-- Information shown follows --

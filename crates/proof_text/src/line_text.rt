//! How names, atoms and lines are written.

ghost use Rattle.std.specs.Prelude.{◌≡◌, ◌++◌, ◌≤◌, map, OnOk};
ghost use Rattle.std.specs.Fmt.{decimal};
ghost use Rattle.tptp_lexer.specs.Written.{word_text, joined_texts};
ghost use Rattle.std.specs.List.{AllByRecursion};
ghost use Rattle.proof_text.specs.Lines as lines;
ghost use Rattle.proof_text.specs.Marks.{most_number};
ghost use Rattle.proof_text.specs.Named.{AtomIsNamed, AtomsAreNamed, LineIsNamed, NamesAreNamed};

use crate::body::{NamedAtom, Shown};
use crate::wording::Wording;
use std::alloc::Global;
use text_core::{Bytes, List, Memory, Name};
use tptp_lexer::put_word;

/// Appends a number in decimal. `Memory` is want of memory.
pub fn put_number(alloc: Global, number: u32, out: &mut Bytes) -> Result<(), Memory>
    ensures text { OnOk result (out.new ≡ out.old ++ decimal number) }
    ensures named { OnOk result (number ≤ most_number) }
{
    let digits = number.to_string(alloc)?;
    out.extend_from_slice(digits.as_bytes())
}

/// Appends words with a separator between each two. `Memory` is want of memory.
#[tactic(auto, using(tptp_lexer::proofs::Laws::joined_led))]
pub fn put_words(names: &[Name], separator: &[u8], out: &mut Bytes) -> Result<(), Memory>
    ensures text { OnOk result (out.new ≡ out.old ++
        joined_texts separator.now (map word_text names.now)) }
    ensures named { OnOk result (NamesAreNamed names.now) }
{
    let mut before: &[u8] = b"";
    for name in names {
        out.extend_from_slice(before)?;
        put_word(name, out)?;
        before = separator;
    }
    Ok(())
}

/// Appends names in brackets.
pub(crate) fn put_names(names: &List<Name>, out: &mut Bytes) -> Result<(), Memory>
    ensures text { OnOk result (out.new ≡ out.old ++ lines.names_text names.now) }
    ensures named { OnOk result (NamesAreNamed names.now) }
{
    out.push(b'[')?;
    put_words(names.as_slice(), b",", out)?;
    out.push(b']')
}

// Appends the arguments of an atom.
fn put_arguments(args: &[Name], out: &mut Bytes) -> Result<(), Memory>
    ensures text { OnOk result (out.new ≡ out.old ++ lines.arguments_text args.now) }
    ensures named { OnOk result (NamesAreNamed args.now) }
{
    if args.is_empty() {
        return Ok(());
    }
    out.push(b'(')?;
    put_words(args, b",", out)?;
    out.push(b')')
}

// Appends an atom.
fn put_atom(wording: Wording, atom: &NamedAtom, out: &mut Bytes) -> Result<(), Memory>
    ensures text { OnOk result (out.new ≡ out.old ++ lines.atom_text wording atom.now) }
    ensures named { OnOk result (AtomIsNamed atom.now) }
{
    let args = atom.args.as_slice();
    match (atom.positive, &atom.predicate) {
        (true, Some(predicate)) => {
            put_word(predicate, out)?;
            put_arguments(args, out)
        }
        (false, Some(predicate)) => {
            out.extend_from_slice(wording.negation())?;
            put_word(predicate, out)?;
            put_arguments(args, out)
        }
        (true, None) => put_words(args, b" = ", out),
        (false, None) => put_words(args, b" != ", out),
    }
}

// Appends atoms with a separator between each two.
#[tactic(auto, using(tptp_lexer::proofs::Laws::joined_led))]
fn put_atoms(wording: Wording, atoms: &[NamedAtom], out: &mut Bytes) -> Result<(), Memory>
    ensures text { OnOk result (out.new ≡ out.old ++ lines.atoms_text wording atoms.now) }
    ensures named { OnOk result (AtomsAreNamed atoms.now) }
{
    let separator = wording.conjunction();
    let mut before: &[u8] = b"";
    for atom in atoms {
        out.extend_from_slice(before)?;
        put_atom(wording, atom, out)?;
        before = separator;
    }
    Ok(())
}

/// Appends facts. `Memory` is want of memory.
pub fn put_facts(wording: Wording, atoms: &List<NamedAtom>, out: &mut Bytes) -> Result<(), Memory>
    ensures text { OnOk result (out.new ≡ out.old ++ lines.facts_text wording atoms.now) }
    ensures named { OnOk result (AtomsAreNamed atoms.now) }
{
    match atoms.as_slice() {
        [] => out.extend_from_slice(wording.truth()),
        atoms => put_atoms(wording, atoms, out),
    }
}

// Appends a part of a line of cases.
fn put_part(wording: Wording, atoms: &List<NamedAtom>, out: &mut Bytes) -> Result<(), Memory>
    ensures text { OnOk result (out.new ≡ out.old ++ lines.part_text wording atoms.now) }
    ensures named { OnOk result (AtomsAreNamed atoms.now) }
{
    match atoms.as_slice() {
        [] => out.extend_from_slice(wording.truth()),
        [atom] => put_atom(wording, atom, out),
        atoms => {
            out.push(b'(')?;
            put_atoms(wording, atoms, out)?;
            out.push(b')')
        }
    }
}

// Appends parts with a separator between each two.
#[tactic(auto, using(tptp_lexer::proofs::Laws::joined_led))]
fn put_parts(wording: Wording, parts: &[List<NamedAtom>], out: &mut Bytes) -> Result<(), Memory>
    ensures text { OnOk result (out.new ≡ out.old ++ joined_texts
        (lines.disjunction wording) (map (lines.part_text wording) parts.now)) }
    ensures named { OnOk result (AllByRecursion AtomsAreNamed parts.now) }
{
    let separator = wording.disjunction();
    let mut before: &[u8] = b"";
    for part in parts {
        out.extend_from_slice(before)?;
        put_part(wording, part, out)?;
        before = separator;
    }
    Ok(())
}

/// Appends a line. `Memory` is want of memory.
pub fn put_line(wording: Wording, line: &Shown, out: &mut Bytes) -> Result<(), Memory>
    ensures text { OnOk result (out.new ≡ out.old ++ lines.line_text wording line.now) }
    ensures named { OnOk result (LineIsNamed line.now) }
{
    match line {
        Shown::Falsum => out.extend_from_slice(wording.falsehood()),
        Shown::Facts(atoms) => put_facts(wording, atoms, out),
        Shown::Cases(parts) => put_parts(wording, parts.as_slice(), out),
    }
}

-- Information shown concluded --

▸ Required action: Your answer should consist of copies of the lines above that include the string "push".

▸ Response box:
    out.push(b'[')?;
    out.push(b']')
    out.push(b'(')?;
    out.push(b')')
            out.push(b'(')?;
            out.push(b')')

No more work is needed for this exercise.